■ **AIM OF THE EXERCISE**:
Reproduce the entries shown below only from the line with "count += 1;" down to the line with "of its kind.", keeping both end lines and copying each one exactly.

******************************

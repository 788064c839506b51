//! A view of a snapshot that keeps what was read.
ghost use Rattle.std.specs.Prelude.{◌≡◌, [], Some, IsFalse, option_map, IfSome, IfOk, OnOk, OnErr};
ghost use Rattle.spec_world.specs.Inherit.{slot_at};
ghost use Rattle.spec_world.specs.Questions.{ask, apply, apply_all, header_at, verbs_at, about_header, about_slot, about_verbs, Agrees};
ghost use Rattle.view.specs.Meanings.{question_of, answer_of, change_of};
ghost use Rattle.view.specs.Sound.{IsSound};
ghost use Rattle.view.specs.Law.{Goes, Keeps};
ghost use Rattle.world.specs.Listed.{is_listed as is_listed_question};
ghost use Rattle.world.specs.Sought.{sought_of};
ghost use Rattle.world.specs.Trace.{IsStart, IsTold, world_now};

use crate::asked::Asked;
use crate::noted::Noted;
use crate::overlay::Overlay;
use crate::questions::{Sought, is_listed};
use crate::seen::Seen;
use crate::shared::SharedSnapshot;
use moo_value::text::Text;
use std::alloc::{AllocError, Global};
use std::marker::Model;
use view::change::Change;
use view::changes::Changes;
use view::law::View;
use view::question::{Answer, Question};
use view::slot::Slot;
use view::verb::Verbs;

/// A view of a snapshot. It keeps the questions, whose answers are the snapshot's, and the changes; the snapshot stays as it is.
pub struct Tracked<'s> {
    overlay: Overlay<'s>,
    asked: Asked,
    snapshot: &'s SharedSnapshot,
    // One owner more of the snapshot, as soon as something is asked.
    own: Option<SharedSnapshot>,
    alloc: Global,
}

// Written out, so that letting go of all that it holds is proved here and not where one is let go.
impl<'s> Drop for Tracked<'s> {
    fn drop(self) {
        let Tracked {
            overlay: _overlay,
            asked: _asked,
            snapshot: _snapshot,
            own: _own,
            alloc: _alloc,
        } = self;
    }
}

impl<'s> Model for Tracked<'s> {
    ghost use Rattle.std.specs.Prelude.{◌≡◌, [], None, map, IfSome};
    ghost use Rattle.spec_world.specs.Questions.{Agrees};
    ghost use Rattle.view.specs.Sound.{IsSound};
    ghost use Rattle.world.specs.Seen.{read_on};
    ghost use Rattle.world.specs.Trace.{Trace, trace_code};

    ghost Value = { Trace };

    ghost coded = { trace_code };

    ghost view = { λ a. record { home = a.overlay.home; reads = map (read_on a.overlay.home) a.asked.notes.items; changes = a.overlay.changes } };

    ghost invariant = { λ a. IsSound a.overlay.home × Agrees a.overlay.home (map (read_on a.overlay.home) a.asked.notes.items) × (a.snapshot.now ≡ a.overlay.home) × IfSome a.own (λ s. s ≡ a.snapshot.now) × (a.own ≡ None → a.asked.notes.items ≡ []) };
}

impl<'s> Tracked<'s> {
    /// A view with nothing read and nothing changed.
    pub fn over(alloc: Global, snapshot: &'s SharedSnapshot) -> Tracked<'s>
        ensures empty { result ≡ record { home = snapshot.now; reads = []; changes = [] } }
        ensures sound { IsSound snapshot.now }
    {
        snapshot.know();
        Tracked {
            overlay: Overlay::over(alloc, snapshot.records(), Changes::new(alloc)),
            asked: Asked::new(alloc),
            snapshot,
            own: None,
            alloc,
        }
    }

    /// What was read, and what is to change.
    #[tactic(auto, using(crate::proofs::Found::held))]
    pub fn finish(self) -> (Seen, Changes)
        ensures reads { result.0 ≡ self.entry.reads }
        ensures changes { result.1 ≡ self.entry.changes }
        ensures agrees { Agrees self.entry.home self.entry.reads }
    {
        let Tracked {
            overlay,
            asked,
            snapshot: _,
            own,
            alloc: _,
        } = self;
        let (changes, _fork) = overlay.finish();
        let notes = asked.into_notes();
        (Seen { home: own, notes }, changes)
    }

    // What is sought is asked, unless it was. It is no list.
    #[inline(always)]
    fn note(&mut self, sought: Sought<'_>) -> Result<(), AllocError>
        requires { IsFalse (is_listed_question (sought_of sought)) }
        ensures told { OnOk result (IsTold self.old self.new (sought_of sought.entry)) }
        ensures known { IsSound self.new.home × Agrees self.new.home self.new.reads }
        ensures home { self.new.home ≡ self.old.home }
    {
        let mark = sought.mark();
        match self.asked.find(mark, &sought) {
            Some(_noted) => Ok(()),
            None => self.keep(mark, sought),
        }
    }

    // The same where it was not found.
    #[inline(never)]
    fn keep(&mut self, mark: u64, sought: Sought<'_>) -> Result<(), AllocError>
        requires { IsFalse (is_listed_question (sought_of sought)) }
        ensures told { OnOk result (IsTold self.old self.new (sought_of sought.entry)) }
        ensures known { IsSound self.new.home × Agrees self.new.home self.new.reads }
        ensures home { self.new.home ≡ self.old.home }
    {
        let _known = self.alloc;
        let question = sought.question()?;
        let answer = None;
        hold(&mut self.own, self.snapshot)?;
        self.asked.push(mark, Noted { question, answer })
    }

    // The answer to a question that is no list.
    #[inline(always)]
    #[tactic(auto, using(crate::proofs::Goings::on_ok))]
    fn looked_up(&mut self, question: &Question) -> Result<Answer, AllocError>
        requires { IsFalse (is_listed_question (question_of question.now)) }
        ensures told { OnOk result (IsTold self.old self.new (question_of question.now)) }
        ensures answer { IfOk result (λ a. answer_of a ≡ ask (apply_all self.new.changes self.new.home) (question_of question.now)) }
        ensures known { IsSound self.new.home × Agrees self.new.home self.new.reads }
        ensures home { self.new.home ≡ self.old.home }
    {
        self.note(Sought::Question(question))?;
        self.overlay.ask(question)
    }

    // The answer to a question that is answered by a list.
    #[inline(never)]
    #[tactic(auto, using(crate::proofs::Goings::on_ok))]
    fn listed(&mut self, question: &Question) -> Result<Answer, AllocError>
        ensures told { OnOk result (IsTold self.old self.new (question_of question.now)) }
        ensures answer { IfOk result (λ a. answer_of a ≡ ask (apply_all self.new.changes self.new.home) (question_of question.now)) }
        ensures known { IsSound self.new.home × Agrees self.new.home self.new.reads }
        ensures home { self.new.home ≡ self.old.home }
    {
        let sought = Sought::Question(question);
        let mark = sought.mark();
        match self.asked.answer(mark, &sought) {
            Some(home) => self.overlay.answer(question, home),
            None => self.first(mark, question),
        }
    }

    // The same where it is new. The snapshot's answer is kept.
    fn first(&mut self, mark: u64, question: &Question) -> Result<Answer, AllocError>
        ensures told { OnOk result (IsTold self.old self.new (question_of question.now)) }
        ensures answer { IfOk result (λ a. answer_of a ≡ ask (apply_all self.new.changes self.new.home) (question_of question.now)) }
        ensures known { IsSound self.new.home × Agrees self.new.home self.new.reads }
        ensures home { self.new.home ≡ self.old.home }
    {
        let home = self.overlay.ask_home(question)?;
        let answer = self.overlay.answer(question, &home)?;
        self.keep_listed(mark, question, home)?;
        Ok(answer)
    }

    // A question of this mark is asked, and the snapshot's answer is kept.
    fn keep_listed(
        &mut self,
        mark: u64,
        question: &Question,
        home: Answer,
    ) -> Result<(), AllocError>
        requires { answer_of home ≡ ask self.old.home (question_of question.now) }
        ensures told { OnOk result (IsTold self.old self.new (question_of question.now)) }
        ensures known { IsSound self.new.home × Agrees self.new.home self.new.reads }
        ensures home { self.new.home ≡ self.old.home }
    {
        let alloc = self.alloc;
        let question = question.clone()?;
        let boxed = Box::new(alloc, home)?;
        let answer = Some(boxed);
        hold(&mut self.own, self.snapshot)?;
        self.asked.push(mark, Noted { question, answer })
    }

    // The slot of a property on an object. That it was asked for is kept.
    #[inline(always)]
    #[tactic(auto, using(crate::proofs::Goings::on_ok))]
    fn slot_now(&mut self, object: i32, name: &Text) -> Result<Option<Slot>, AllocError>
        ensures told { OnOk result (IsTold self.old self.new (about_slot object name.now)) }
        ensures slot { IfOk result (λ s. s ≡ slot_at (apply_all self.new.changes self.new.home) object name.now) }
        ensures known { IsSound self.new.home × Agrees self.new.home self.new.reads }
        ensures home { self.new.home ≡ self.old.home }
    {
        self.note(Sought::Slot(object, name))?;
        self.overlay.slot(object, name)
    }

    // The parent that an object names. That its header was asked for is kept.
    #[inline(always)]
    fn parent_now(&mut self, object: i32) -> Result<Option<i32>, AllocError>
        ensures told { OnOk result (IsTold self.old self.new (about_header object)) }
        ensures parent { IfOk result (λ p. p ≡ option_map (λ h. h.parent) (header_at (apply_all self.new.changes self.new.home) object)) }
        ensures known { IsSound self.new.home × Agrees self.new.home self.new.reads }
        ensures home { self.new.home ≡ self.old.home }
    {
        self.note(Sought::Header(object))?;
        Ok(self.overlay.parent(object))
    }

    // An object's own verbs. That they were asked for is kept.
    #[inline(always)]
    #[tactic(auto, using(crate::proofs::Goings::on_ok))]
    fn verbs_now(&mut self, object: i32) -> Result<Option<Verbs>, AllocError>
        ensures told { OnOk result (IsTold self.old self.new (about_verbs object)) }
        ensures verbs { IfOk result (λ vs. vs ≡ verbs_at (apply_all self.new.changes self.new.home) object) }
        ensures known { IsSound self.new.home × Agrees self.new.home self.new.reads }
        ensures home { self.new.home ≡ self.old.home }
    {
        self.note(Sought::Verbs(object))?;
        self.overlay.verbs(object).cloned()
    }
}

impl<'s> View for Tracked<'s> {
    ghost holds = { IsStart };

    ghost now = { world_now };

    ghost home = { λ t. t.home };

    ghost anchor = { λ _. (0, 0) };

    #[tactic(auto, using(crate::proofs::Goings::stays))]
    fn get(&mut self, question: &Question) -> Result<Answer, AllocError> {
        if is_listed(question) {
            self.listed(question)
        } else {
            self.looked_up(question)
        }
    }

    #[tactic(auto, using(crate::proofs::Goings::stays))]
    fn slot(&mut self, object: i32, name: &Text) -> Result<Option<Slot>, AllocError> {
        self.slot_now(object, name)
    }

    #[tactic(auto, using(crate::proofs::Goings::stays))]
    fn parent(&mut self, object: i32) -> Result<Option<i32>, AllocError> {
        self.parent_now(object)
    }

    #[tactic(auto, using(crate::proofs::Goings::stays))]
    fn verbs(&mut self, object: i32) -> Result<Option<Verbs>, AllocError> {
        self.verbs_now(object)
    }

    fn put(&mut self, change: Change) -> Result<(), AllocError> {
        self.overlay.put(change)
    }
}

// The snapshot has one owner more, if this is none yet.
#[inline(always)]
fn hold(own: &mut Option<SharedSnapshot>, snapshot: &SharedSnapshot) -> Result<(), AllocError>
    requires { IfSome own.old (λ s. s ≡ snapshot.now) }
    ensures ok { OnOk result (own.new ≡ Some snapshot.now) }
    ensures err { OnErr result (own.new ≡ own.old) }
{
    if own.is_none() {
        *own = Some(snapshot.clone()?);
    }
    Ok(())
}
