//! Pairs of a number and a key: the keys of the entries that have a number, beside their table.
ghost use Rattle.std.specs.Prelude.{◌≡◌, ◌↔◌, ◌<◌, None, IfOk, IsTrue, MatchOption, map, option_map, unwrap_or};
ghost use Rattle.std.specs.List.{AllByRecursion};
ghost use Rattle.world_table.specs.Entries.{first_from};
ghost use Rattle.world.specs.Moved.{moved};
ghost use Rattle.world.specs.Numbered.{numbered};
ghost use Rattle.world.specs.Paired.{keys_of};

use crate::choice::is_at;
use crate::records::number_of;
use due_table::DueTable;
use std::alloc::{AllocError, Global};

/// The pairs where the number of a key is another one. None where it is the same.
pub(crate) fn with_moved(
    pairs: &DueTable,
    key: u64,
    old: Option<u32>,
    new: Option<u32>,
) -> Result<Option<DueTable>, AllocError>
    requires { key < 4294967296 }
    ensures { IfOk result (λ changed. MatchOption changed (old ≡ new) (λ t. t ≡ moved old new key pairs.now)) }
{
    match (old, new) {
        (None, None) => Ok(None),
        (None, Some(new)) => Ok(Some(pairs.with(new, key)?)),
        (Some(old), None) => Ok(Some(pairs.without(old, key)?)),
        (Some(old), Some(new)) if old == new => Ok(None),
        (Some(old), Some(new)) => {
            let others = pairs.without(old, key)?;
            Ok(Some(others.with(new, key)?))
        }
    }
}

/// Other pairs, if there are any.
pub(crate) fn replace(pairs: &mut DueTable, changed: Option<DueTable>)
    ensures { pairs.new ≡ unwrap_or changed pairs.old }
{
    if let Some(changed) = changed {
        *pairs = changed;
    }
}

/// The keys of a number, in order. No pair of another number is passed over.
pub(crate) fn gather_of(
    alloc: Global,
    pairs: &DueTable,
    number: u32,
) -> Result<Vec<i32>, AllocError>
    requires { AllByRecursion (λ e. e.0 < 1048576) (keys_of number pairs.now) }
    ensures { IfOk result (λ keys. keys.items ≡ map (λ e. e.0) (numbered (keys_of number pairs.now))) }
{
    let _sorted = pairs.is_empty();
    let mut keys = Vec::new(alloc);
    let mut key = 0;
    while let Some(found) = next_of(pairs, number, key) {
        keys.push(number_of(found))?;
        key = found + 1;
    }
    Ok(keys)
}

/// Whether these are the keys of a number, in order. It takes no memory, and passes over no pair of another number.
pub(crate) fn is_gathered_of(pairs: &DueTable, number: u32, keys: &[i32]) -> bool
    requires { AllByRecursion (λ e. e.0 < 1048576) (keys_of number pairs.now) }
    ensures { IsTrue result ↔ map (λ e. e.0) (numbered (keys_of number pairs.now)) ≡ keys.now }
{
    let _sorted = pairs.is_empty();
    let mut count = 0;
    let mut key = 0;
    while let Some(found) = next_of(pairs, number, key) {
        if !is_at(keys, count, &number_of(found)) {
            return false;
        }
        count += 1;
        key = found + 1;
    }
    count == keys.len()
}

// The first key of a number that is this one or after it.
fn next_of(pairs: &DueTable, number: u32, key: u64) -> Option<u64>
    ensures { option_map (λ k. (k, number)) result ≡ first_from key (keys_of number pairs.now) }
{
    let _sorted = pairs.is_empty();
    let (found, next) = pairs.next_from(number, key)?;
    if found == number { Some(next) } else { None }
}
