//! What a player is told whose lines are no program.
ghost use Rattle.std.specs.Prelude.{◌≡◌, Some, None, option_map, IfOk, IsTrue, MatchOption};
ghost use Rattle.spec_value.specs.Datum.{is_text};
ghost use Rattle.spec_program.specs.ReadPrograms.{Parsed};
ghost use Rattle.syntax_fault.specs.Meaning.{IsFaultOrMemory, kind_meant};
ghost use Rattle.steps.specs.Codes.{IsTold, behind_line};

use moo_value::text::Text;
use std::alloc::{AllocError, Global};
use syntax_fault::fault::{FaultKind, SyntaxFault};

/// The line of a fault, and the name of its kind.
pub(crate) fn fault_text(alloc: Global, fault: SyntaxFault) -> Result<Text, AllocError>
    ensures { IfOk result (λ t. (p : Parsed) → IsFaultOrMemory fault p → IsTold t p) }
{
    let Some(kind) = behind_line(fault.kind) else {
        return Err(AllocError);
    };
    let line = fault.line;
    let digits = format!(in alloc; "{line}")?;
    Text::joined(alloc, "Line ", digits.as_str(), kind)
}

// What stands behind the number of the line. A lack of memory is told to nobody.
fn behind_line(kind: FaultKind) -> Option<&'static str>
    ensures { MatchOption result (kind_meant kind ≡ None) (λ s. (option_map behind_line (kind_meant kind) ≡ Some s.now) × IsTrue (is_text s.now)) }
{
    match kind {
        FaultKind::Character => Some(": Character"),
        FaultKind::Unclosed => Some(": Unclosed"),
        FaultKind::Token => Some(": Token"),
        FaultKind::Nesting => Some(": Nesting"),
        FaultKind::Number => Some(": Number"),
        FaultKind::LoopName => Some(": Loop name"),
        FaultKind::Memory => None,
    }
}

******************************

■ **YOUR SOLUTION**:
        count += 1;
        key = found + 1;
    }
    count == keys.len()
}

// The first key of a number that is this one or after it.
fn next_of(pairs: &DueTable, number: u32, key: u64) -> Option<u64>
    ensures { option_map (λ k. (k, number)) result ≡ first_from key (keys_of number pairs.now) }
{
    let _sorted = pairs.is_empty();
    let (found, next) = pairs.next_from(number, key)?;
    if found == number { Some(next) } else { None }
}
//! What a player is told whose lines are no program.
ghost use Rattle.std.specs.Prelude.{◌≡◌, Some, None, option_map, IfOk, IsTrue, MatchOption};
ghost use Rattle.spec_value.specs.Datum.{is_text};
ghost use Rattle.spec_program.specs.ReadPrograms.{Parsed};
ghost use Rattle.syntax_fault.specs.Meaning.{IsFaultOrMemory, kind_meant};
ghost use Rattle.steps.specs.Codes.{IsTold, behind_line};

use moo_value::text::Text;
use std::alloc::{AllocError, Global};
use syntax_fault::fault::{FaultKind, SyntaxFault};

/// The line of a fault, and the name of its kind.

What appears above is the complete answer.